* Work required *
Once you have read the records below, report how many lines contain the word "Option", and give nothing besides that number.

(Source records)
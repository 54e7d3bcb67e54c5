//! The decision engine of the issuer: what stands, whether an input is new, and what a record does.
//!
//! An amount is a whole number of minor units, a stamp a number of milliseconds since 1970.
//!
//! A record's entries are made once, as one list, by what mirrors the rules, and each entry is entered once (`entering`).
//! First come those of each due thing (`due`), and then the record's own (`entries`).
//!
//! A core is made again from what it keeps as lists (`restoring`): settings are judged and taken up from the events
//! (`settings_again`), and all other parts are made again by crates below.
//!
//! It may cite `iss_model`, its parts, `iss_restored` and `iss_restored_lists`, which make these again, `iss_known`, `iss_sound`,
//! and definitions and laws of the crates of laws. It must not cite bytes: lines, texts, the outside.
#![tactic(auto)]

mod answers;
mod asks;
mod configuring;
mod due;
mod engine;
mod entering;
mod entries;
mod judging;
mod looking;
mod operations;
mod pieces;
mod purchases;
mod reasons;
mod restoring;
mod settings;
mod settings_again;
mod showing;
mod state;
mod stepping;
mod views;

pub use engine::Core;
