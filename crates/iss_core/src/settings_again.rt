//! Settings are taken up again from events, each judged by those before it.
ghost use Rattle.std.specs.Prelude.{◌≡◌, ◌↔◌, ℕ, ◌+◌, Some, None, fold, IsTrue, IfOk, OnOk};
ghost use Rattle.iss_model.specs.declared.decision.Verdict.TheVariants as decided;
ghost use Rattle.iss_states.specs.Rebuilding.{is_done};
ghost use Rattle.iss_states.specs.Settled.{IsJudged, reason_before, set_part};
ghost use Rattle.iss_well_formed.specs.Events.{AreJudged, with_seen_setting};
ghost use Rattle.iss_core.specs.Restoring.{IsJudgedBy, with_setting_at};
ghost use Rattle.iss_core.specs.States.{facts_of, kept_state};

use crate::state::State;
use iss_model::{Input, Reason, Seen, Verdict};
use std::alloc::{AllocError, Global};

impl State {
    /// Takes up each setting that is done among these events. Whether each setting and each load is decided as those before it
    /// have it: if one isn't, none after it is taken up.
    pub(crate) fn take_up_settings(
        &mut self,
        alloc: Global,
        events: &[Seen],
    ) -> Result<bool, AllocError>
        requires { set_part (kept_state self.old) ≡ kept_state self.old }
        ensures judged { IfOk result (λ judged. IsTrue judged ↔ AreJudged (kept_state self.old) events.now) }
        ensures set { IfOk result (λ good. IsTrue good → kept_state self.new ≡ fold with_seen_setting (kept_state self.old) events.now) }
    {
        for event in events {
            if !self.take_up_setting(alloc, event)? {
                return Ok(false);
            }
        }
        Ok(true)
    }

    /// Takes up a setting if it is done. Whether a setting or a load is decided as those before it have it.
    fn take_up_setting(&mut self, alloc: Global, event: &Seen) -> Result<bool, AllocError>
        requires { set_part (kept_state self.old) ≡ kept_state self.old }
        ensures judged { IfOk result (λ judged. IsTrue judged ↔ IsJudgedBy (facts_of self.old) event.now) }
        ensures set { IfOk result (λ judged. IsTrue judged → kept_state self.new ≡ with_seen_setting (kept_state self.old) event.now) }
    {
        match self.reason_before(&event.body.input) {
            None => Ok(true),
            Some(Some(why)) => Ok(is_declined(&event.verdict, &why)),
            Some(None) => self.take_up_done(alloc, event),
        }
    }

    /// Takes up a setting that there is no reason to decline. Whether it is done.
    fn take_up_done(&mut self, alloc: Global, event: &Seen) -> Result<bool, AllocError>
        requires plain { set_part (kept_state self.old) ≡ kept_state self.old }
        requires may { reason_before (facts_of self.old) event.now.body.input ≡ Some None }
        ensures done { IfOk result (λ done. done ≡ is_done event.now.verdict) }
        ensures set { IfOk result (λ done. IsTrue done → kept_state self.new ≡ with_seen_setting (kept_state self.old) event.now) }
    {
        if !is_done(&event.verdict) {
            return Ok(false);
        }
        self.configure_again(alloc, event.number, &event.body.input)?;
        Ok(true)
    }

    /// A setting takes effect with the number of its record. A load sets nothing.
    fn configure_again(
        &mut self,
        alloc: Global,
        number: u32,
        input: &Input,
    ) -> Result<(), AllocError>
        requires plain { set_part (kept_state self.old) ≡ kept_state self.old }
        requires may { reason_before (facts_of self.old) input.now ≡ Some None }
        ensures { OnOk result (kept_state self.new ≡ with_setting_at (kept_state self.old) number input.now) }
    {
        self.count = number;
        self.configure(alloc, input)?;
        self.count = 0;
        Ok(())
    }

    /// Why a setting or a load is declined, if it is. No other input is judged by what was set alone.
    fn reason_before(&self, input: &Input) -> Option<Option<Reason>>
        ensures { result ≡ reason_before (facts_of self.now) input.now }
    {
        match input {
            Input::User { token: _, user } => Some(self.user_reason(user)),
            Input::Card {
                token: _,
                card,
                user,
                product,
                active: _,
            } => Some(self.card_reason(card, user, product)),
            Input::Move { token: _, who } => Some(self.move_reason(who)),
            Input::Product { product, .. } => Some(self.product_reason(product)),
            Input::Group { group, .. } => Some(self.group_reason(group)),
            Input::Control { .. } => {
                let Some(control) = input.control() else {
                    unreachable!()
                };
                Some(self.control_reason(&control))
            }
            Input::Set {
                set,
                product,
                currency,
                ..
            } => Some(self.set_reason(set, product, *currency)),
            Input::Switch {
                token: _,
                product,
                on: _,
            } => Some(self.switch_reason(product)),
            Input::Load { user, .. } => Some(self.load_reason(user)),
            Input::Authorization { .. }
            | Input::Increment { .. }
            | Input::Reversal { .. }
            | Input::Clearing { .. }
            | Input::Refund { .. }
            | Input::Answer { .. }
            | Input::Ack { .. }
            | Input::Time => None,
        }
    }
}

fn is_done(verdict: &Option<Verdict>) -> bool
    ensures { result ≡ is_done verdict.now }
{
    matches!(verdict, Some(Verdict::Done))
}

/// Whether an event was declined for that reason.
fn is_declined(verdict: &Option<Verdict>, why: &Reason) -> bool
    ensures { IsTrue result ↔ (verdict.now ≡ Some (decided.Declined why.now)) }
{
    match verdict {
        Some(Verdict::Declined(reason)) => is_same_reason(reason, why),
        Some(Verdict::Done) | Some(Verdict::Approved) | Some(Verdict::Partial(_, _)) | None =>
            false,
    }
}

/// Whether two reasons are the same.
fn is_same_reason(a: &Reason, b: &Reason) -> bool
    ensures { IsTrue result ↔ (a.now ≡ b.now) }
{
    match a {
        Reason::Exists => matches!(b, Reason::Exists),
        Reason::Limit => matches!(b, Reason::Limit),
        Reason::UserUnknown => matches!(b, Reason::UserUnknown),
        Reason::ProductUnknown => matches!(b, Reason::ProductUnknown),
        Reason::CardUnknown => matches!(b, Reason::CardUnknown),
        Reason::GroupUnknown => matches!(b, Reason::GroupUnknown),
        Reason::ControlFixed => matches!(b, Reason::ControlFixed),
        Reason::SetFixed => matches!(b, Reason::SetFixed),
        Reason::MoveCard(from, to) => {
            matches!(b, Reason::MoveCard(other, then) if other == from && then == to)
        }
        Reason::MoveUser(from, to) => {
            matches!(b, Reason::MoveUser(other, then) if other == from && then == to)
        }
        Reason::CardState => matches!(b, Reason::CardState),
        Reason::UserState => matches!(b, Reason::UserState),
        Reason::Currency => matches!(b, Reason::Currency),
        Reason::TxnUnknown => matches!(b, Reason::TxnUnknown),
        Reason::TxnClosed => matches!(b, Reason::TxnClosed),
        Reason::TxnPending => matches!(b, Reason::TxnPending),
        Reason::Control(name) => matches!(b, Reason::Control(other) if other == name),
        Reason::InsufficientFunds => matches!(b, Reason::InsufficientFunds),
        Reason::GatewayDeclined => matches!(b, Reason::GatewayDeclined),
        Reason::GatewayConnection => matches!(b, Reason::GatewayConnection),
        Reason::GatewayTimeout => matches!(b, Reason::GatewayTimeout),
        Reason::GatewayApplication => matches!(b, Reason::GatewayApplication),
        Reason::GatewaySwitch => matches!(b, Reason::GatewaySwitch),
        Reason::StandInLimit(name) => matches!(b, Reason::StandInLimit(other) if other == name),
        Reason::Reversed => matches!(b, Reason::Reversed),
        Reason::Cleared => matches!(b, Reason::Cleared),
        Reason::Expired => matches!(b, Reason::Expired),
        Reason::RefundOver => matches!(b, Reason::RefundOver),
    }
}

* Written reply *
3